== WORK TO COMPLETE ==
Go through the entries below and print, exactly, the lines starting at the one with "is noted here." and ending at the one with "OwnsValue frame.old value", keeping both ends and no others.

##### RECORD EXTRACTS

//! Lists by value: scalars and labelled references go in and come out while they are timed.

ghost use Rattle.std.specs.Prelude.{◌≡◌, ◌≢◌};
ghost use Rattle.brc_count.specs.Frames.{IsUnlocked, Owns};
ghost use Rattle.brc_count.specs.Owned.{Keeps};
ghost use Rattle.brc_things.specs.Values.{LosesValue, OwnsValue};

use crate::operations::Operation;
use brc_count::biased::HasTable;
use brc_count::{Frame, Handle};
use brc_loops::{Passing, Task, pass_on, repeat};
use brc_things::{
    Value, list_get_value, list_pop_value, list_push_value, list_set_value, new_int, none,
};
use brc_words::Note;
use std::alloc::Allocator;
use std::sync::Wait;

/// How many entries the list has: `Full` made it of so many references.
pub const ENTRIES: u64 = 10;

/// The label of what is noted here.
const LABEL: u32 = 7;

/// What is noted in this turn.
#[inline(always)]
pub fn noted(turn: u64) -> Note {
    Note {
        label: LABEL,
        bits: turn,
    }
}

/// A value is let go of: an object's handle is released.
#[inline(always)]
pub fn let_go<H: HasTable<A>, A: Allocator>(frame: &mut Frame<H, A>, value: Value<A>)
    requires owned { OwnsValue frame.old value }
    requires unlocked { IsUnlocked frame.old }
    ensures loses { LosesValue frame.old frame.new value }
    ensures unlocked { IsUnlocked frame.new }
{
    match value {
        Value::Scalar(_note) => {}
        Value::Object(object, _note) => frame.release(object),
    }
}

/// A scalar is pushed to the list at each turn, and the list's last entry popped.
#[derive(Drop)]
struct PushAndPop<'h, R, A: Allocator> {
    rt: &'h R,
    list: &'h Handle<A>,
    none: &'h Handle<A>,
}

impl<'h, R: Wait, H: HasTable<A>, A: Allocator> Task<H, A> for PushAndPop<'h, R, A> {
    ghost ready = { λ it frame. Owns frame it.list.now × Owns frame it.none.now
        × (it.list.now.place ≢ it.none.now.place) };

    ghost stays = { λ it old new keeps owned.
        (keeps.owns it.list.now owned.0, keeps.owns it.none.now owned.1, owned.2) };

    #[inline(always)]
    fn run(&self, frame: &mut Frame<H, A>, before: u64) -> Option<()> {
        if frame.cell(self.none) != 0 {
            return None;
        }
        let scalar = Value::Scalar(noted(before));
        if let Err(handed) = list_push_value(self.rt, frame, self.none, self.list, scalar) {
            let_go(frame, handed.value);
            return None;
        }
        let last = list_pop_value(self.rt, frame, self.list).ok()?;
        let_go(frame, last);
        Some(())
    }
}

/// So many pushes of a scalar, each with a pop.
#[derive(Drop)]
pub struct PushesAndPopsValues<'r, R> {
    pub rt: &'r R,
    pub n: u64,
}

impl<'r, R: Wait, H: HasTable<A>, A: Allocator> Operation<H, A> for PushesAndPopsValues<'r, R> {
    #[inline(never)]
    fn run_on(&self, frame: &mut Frame<H, A>, list: &Handle<A>, _before: u64) -> Option<()> {
        let none = none(frame).ok()?;
        let task = PushAndPop {
            rt: self.rt,
            list,
            none: &none,
        };
        let done = repeat(&task, frame, self.n);
        frame.release(none);
        done
    }
}

/// An object, which is pushed to the list with a label at each turn, and the list's last entry popped.
struct PushingAndPoppingLabelled<'h, R, A: Allocator> {
    rt: &'h R,
    list: &'h Handle<A>,
    none: &'h Handle<A>,
    object: Handle<A>,
}

impl<'h, R: Wait, H: HasTable<A>, A: Allocator> Passing<H, A>
    for PushingAndPoppingLabelled<'h, R, A> {
    ghost held = { λ it. it.object };

    ghost ready = { λ it frame. Owns frame it.list.now × Owns frame it.none.now
        × (it.list.now.place ≢ it.none.now.place)
        × (it.object.place ≢ it.list.now.place) × (it.object.place ≢ it.none.now.place) };

    #[inline(always)]
    fn pass(self, frame: &mut Frame<H, A>, before: u64) -> Option<Self> {
        let PushingAndPoppingLabelled {
            rt,
            list,
            none,
            object,
        } = self;
        if frame.cell(none) != 0 {
            frame.release(object);
            return None;
        }
        let labelled = Value::Object(object, noted(before));
        if let Err(handed) = list_push_value(rt, frame, none, list, labelled) {
            let_go(frame, handed.value);
            return None;
        }
        match list_pop_value(rt, frame, list) {
            Ok(Value::Object(object, _note)) => Some(PushingAndPoppingLabelled {
                rt,
                list,
                none,
                object,
            }),
            Ok(Value::Scalar(_note)) => None,
            Err(_) => None,
        }
    }
}

/// So many pushes of a reference with a label, each with a pop: first of an integer of the thread's own, then of what came
/// out before.
#[inline(always)]
fn pass_labelled<R: Wait, H: HasTable<A>, A: Allocator + Copy>(
    rt: &R,
    alloc: A,
    frame: &mut Frame<H, A>,
    list: &Handle<A>,
    none: &Handle<A>,
    n: u64,
) -> Option<()>
    requires owned { Owns frame.old list.now }
    requires none { Owns frame.old none.now }
    requires apart { list.now.place ≢ none.now.place }
    requires unlocked { IsUnlocked frame.old }
    ensures keeps { Keeps frame.old frame.new }
    ensures unlocked { IsUnlocked frame.new }
{
    let Ok(object) = new_int(alloc, frame, 1_000) else {
        return None;
    };
    let turning = PushingAndPoppingLabelled {
        rt,
        list,
        none,
        object,
    };
    match pass_on(turning, frame, n) {
        Some(
            PushingAndPoppingLabelled {
                rt: _rt,
                list: _list,
                none: _none,
                object,
            },
        ) => {
            frame.release(object);
            Some(())
        }
        None => None,
    }
}

/// So many pushes of a reference with a label, each with a pop.
#[derive(Drop)]
pub struct PushesAndPopsLabelled<'r, R, A> {
    pub rt: &'r R,
    pub alloc: A,
    pub n: u64,
}

impl<'r, R: Wait, H: HasTable<A>, A: Allocator + Copy> Operation<H, A>
    for PushesAndPopsLabelled<'r, R, A> {
    #[inline(never)]
    fn run_on(&self, frame: &mut Frame<H, A>, list: &Handle<A>, _before: u64) -> Option<()> {
        let none = none(frame).ok()?;
        let done = pass_labelled(self.rt, self.alloc, frame, list, &none, self.n);
        frame.release(none);
        done
    }
}

/// A handle to None, by which a scalar goes into an entry of the list at each turn; what stood there is let go of.
struct Setting<'h, R, A: Allocator> {
    rt: &'h R,
    list: &'h Handle<A>,
    none: Handle<A>,
}

impl<'h, R: Wait, H: HasTable<A>, A: Allocator> Passing<H, A> for Setting<'h, R, A> {
    ghost held = { λ it. it.none };

    ghost ready = { λ it frame. Owns frame it.list.now × (it.none.place ≢ it.list.now.place) };

    #[inline(always)]
    fn pass(self, frame: &mut Frame<H, A>, before: u64) -> Option<Self> {
        let Setting { rt, list, mut none } = self;
        if frame.cell(&none) != 0 {
            frame.release(none);
            return None;
        }
        let index = (before % ENTRIES) as u32;
        let scalar = Value::Scalar(noted(before));
        match list_set_value(rt, frame, &mut none, list, index, scalar) {
            Ok(Value::Scalar(_old)) => Some(Setting { rt, list, none }),
            Ok(Value::Object(object, _old)) => {
                frame.release(object);
                Some(Setting { rt, list, none })
            }
            Err(handed) => {
                let_go(frame, handed.value);
                frame.release(none);
                None
            }
        }
    }
}

/// So many scalars go into the entries of the list in turn.
#[inline(always)]
fn set_in_turn<R: Wait, H: HasTable<A>, A: Allocator>(
    rt: &R,
    frame: &mut Frame<H, A>,
    list: &Handle<A>,
    n: u64,
) -> Option<()>
    requires owned { Owns frame.old list.now }
    requires unlocked { IsUnlocked frame.old }
    ensures keeps { Keeps frame.old frame.new }
    ensures unlocked { IsUnlocked frame.new }
{
    let none = none(frame).ok()?;
    let Setting {
        rt: _rt,
        list: _list,
        none,
    } = pass_on(Setting { rt, list, none }, frame, n)?;
    frame.release(none);
    Some(())
}

/// So many scalars go into the entries of a list in turn; from the eleventh on one stood there.
#[derive(Drop)]
pub struct Sets<'r, R> {
    pub rt: &'r R,
    pub n: u64,
}

impl<'r, R: Wait, H: HasTable<A>, A: Allocator> Operation<H, A> for Sets<'r, R> {
    #[inline(never)]
    fn run_on(&self, frame: &mut Frame<H, A>, list: &Handle<A>, _before: u64) -> Option<()> {
        set_in_turn(self.rt, frame, list, self.n)
    }
}

/// An entry of the list is looked at.
#[derive(Drop)]
struct Get<'h, R, A: Allocator> {
    rt: &'h R,
    list: &'h Handle<A>,
}

impl<'h, R: Wait, H: HasTable<A>, A: Allocator> Task<H, A> for Get<'h, R, A> {
    ghost ready = { λ it frame. Owns frame it.list.now };

    ghost stays = { λ it old new keeps owned. keeps.owns it.list.now owned };

    #[inline(always)]
    fn run(&self, frame: &mut Frame<H, A>, before: u64) -> Option<()> {
        let index = (before % ENTRIES) as u32;
        let value = list_get_value(self.rt, frame, self.list, index).ok()?;
        let_go(frame, value);
        Some(())
    }
}

/// So many looks at the entries of a list in turn, once each has a scalar.
#[derive(Drop)]
pub struct Gets<'r, R> {
    pub rt: &'r R,
    pub n: u64,
}

impl<'r, R: Wait, H: HasTable<A>, A: Allocator> Operation<H, A> for Gets<'r, R> {
    #[inline(never)]
    fn run_on(&self, frame: &mut Frame<H, A>, list: &Handle<A>, _before: u64) -> Option<()> {
        let rt = self.rt;
        set_in_turn(rt, frame, list, ENTRIES)?;
        repeat(&Get { rt, list }, frame, self.n)
    }
}
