//! The running heap, timed: threads that make, retain and release objects over their frames, and call lists,
//! dictionaries and mailboxes. It answers lines as `benches/README.md` has them.
//!
//! `run CASE THREADS N` answers the time that so many operations of each thread took, from the first thread's start to
//! the last one's end, and the processor time of the slowest, in nanoseconds; `count CASE THREADS N` how many objects
//! all threads together made and how many cells they gave back, which is the same whatever the schedule.
#![tactic(auto)]

mod containers;
mod deaths;
mod dict_values;
mod dicts;
mod globals;
mod leavers;
mod letters;
mod lists;
mod lives;
mod operations;
mod request;
mod runs;
mod timing;
mod value_letters;
mod values;

use request::{CASES, Request, read_request};
use runs::run_case;
use std::io;

fn main(rt: HostRuntime) -> io::Result<()> {
    println!(rt; "peer brc")?;
    for line in rt.lines(rt.alloc()) {
        let line = line?;
        match read_request(line.as_str()) {
            Some(Request::List) => println!(rt; "{CASES}")?,
            Some(Request::Run { case, threads, n }) => {
                match run_case(&rt, rt.alloc(), case, threads, n) {
                    Ok(answer) => println!(rt; "{} {}", answer.times.wall, answer.times.cpu)?,
                    Err(_) => println!(rt; "no")?,
                }
            }
            Some(Request::Count { case, threads, n }) => {
                match run_case(&rt, rt.alloc(), case, threads, n) {
                    Ok(answer) => println!(rt; "{} {}", answer.allocs, answer.frees)?,
                    Err(_) => println!(rt; "no")?,
                }
            }
            None => println!(rt; "no")?,
        }
    }
    Ok(())
}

##########

== RESULT FOR THIS EXERCISE ==
/// The label of what is noted here.
const LABEL: u32 = 7;

/// What is noted in this turn.
#[inline(always)]
pub fn noted(turn: u64) -> Note {
    Note {
        label: LABEL,
        bits: turn,
    }
}

/// A value is let go of: an object's handle is released.
#[inline(always)]
pub fn let_go<H: HasTable<A>, A: Allocator>(frame: &mut Frame<H, A>, value: Value<A>)
    requires owned { OwnsValue frame.old value }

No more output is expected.